(Saved data entries)
____

//! What is shown when it is asked for: registers, calls, lines, labels and instructions.

use crate::asking::Answer;
use crate::console::Console;
use crate::moving::HART;
use crate::page::Part;
use crate::piece::{Form, Tone, address_text};
use diagnostics::line_at;
use prompt::Place;
use protocol::{Command, DisassembleArguments, StackTraceArguments, Text};
use replies::{Instruction, ResponseBody};
use rv32i::reg_named;
use std::alloc::{AllocError, Global};

/// How many registers are shown in a row.
const IN_ROW: u32 = 4;

/// The number of pc.
pub(crate) const COUNTER: u32 = 32;

/// How many calls are shown at most.
const MOST_CALLS: u32 = 20;

/// How many instructions are shown where no number is given.
const INSTRUCTIONS: u32 = 8;

/// How many lines are shown before one, and after it.
const AROUND: u32 = 5;

impl Console {
    /// Shows the registers of these names, or all.
    pub(crate) fn show_registers(&mut self, names: Option<&str>) -> Result<(), AllocError> {
        match names {
            Some(names) => self.show_named(names),
            None => self.show_all(),
        }
    }

    fn show_named(&mut self, names: &str) -> Result<(), AllocError> {
        for name in names.split_ascii_whitespace() {
            match number_named(name) {
                Some(number) => self.show_register(number)?,
                None => self.refuse_name(name)?,
            }
        }
        Ok(())
    }

    fn refuse_name(&mut self, name: &str) -> Result<(), AllocError> {
        let alloc = self.alloc;
        let words = format!(in alloc; "{name} is no register")?;
        self.refuse(words.as_str())
    }

    fn show_all(&mut self) -> Result<(), AllocError> {
        if self.here.is_none() {
            return self.refuse("the program does not stand");
        }
        for number in 0..COUNTER {
            let has_changed = self.has_changed[number as usize];
            self.say(if has_changed { "*" } else { " " })?;
            self.page.put(Part::Register(Form::Cell, number))?;
            let ends_row = number % IN_ROW == IN_ROW - 1;
            self.say(if ends_row { "\n" } else { "  " })?;
        }
        self.say(" ")?;
        self.page.put(Part::Register(Form::Cell, COUNTER))?;
        self.say("\n")
    }

    /// Shows the calls, the innermost first, and how many more there are.
    pub(crate) fn show_calls(&mut self) -> Result<(), AllocError> {
        let asked = Command::StackTrace(StackTraceArguments {
            thread_id: HART,
            start_frame: 0,
            levels: Some(MOST_CALLS),
        });
        let trace = match self.ask(asked)? {
            Answer::Done(ResponseBody::StackTrace(trace)) => trace,
            other => {
                drop(self.is_done(other)?);
                return Ok(());
            }
        };
        let mut index: u32 = 0;
        for frame in trace.stack_frames.as_slice() {
            self.show_call(index, frame.line)?;
            index = index.saturating_add(1);
        }
        self.say_more(trace.total_frames.saturating_sub(index))
    }

    fn show_call(&mut self, index: u32, line: u32) -> Result<(), AllocError> {
        let alloc = self.alloc;
        let words = format!(in alloc; "#{index:<3} ")?;
        self.say(words.as_str())?;
        self.page.put(Part::Frame(index))?;
        if let Some(words) = self.call_text(line)? {
            self.say(words.as_str())?;
        }
        self.say("\n")
    }

    // The line of a call.
    fn call_text(&self, line: u32) -> Result<Option<String>, AllocError> {
        let alloc = self.alloc;
        match line_at(self.text.as_slice(), line) {
            Some(text) => {
                let text = text.trim_ascii();
                Ok(Some(format!(in alloc; "  line {line}  {text}")?))
            }
            None => Ok(None),
        }
    }

    fn say_more(&mut self, count: u32) -> Result<(), AllocError> {
        if count == 0 {
            return Ok(());
        }
        let alloc = self.alloc;
        let words = format!(in alloc; "and {count} more\n")?;
        self.say(words.as_str())
    }

    /// Shows the lines round a place, or round where the program stands.
    pub(crate) fn list(&mut self, place: Option<&Place<'_>>) -> Result<(), AllocError> {
        let line = match (place, self.here) {
            (Some(place), _) => self.line_of(place)?,
            (None, Some(here)) if here.line > 0 => Some(here.line),
            (None, _) => Some(1),
        };
        match line {
            Some(line) => self.show_lines(line.saturating_sub(AROUND), line.saturating_add(AROUND)),
            None => Ok(()),
        }
    }

    /// The line of a place. Where it has none, why is said.
    pub(crate) fn line_of(&mut self, place: &Place<'_>) -> Result<Option<u32>, AllocError> {
        if let Place::Line(line) = place {
            return Ok(Some(*line));
        }
        let Some(address) = self.address_of(place)? else {
            return Ok(None);
        };
        match self.line_at_address(address) {
            Some(line) => Ok(Some(line)),
            None => {
                self.refuse("no line has its code there")?;
                Ok(None)
            }
        }
    }

    fn line_at_address(&self, address: u32) -> Option<u32> {
        self.lines()?.line_of(address)
    }

    /// The address of a place. Where it has none, why is said.
    pub(crate) fn address_of(&mut self, place: &Place<'_>) -> Result<Option<u32>, AllocError> {
        match place {
            Place::Line(line) => self.bound(*line),
            Place::Label(label) => self.address_of_label(label.as_str()),
            Place::Address(text) => self.value_of(text.as_str()),
        }
    }

    // The address of the first line from one on that has code. Where there is none, why is said.
    fn bound(&mut self, line: u32) -> Result<Option<u32>, AllocError> {
        let address = self.address_after(line);
        if address.is_none() {
            self.refuse("no code at or after this line")?;
        }
        Ok(address)
    }

    fn address_after(&self, line: u32) -> Option<u32> {
        let (_, address) = self.lines()?.bind(line)?;
        Some(address)
    }

    /// The address of a label. If there is none of this name, that is said.
    pub(crate) fn address_of_label(&mut self, name: &str) -> Result<Option<u32>, AllocError> {
        let address = self.label_address(name);
        if address.is_none() {
            let alloc = self.alloc;
            let words = format!(in alloc; "{name} is no label")?;
            self.refuse(words.as_str())?;
        }
        Ok(address)
    }

    /// Shows the labels, in the order of the text.
    pub(crate) fn show_labels(&mut self) -> Result<(), AllocError> {
        let count = match self.lines() {
            Some(lines) => lines.label_count(),
            None => 0,
        };
        for index in 0..count {
            if let Some(words) = self.label_line(index)? {
                self.say(words.as_str())?;
            }
        }
        Ok(())
    }

    fn label_line(&self, index: usize) -> Result<Option<String>, AllocError> {
        let Some(lines) = self.lines() else {
            return Ok(None);
        };
        match lines.label(index) {
            Some((name, address)) => Ok(Some(label_text(self.alloc, name, address)?)),
            None => Ok(None),
        }
    }

    /// Shows this many instructions from a place on, or from where the program stands.
    pub(crate) fn disassemble(
        &mut self,
        place: Option<&Place<'_>>,
        count: Option<u32>,
    ) -> Result<(), AllocError> {
        let count = count.unwrap_or(INSTRUCTIONS);
        let Some(place) = place else {
            return self.show_instructions_here(count);
        };
        match self.address_of(place)? {
            Some(address) => self.show_instructions(address, count),
            None => Ok(()),
        }
    }

    /// Shows this many instructions from where the program stands.
    pub(crate) fn show_instructions_here(&mut self, count: u32) -> Result<(), AllocError> {
        match self.link.mirror().register(COUNTER) {
            Some(pc) => self.show_instructions(pc, count),
            None => self.refuse("the program does not stand"),
        }
    }

    fn show_instructions(&mut self, address: u32, count: u32) -> Result<(), AllocError> {
        let memory_reference = Text::from_string(address_text(self.alloc, address)?);
        let asked = Command::Disassemble(DisassembleArguments {
            memory_reference,
            offset: 0,
            instruction_offset: 0,
            instruction_count: count,
        });
        match self.ask(asked)? {
            Answer::Done(ResponseBody::Disassemble(body)) => {
                for instruction in body.instructions.as_slice() {
                    self.show_instruction(instruction)?;
                }
                Ok(())
            }
            other => {
                drop(self.is_done(other)?);
                Ok(())
            }
        }
    }

    fn show_instruction(&mut self, instruction: &Instruction) -> Result<(), AllocError> {
        let address = match instruction {
            Instruction::Valid { address, .. } => *address,
            Instruction::Invalid { address } => *address,
        };
        let stands = self.link.mirror().register(COUNTER) == Some(address);
        let words = instruction_text(self.alloc, instruction, stands)?;
        self.page.say(
            if stands { Tone::Here } else { Tone::Plain },
            words.as_str(),
        )?;
        self.say_label(address)?;
        self.say("\n")
    }
}

fn instruction_text(
    alloc: Global,
    instruction: &Instruction,
    stands: bool,
) -> Result<String, AllocError> {
    let arrow = if stands { '>' } else { ' ' };
    match instruction {
        Instruction::Valid {
            address,
            instruction,
            instruction_bytes,
        } => {
            let (address, text) = (address_text(alloc, *address)?, instruction.as_str());
            let word = *instruction_bytes;
            format!(in alloc; "{arrow} {address}  {word:08x}  {text:<24}")
        }
        Instruction::Invalid { address } => {
            let address = address_text(alloc, *address)?;
            format!(in alloc; "{arrow} {address}  (no instruction)")
        }
    }
}

fn label_text(alloc: Global, name: &str, address: u32) -> Result<String, AllocError> {
    let address = address_text(alloc, address)?;
    format!(in alloc; "{address}  {name}\n")
}

// The number of the register of a name.
fn number_named(name: &str) -> Option<u32> {
    match name {
        "pc" => Some(COUNTER),
        "fp" => Some(8),
        other => reg_named(other.as_bytes()),
    }
}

____

Assignment:
Go through the records line by line, and copy each line that holds the string "program".

Your response:
            return self.refuse("the program does not stand");
    /// Shows the lines round a place, or round where the program stands.
    /// Shows this many instructions from a place on, or from where the program stands.
    /// Shows this many instructions from where the program stands.
            None => self.refuse("the program does not stand"),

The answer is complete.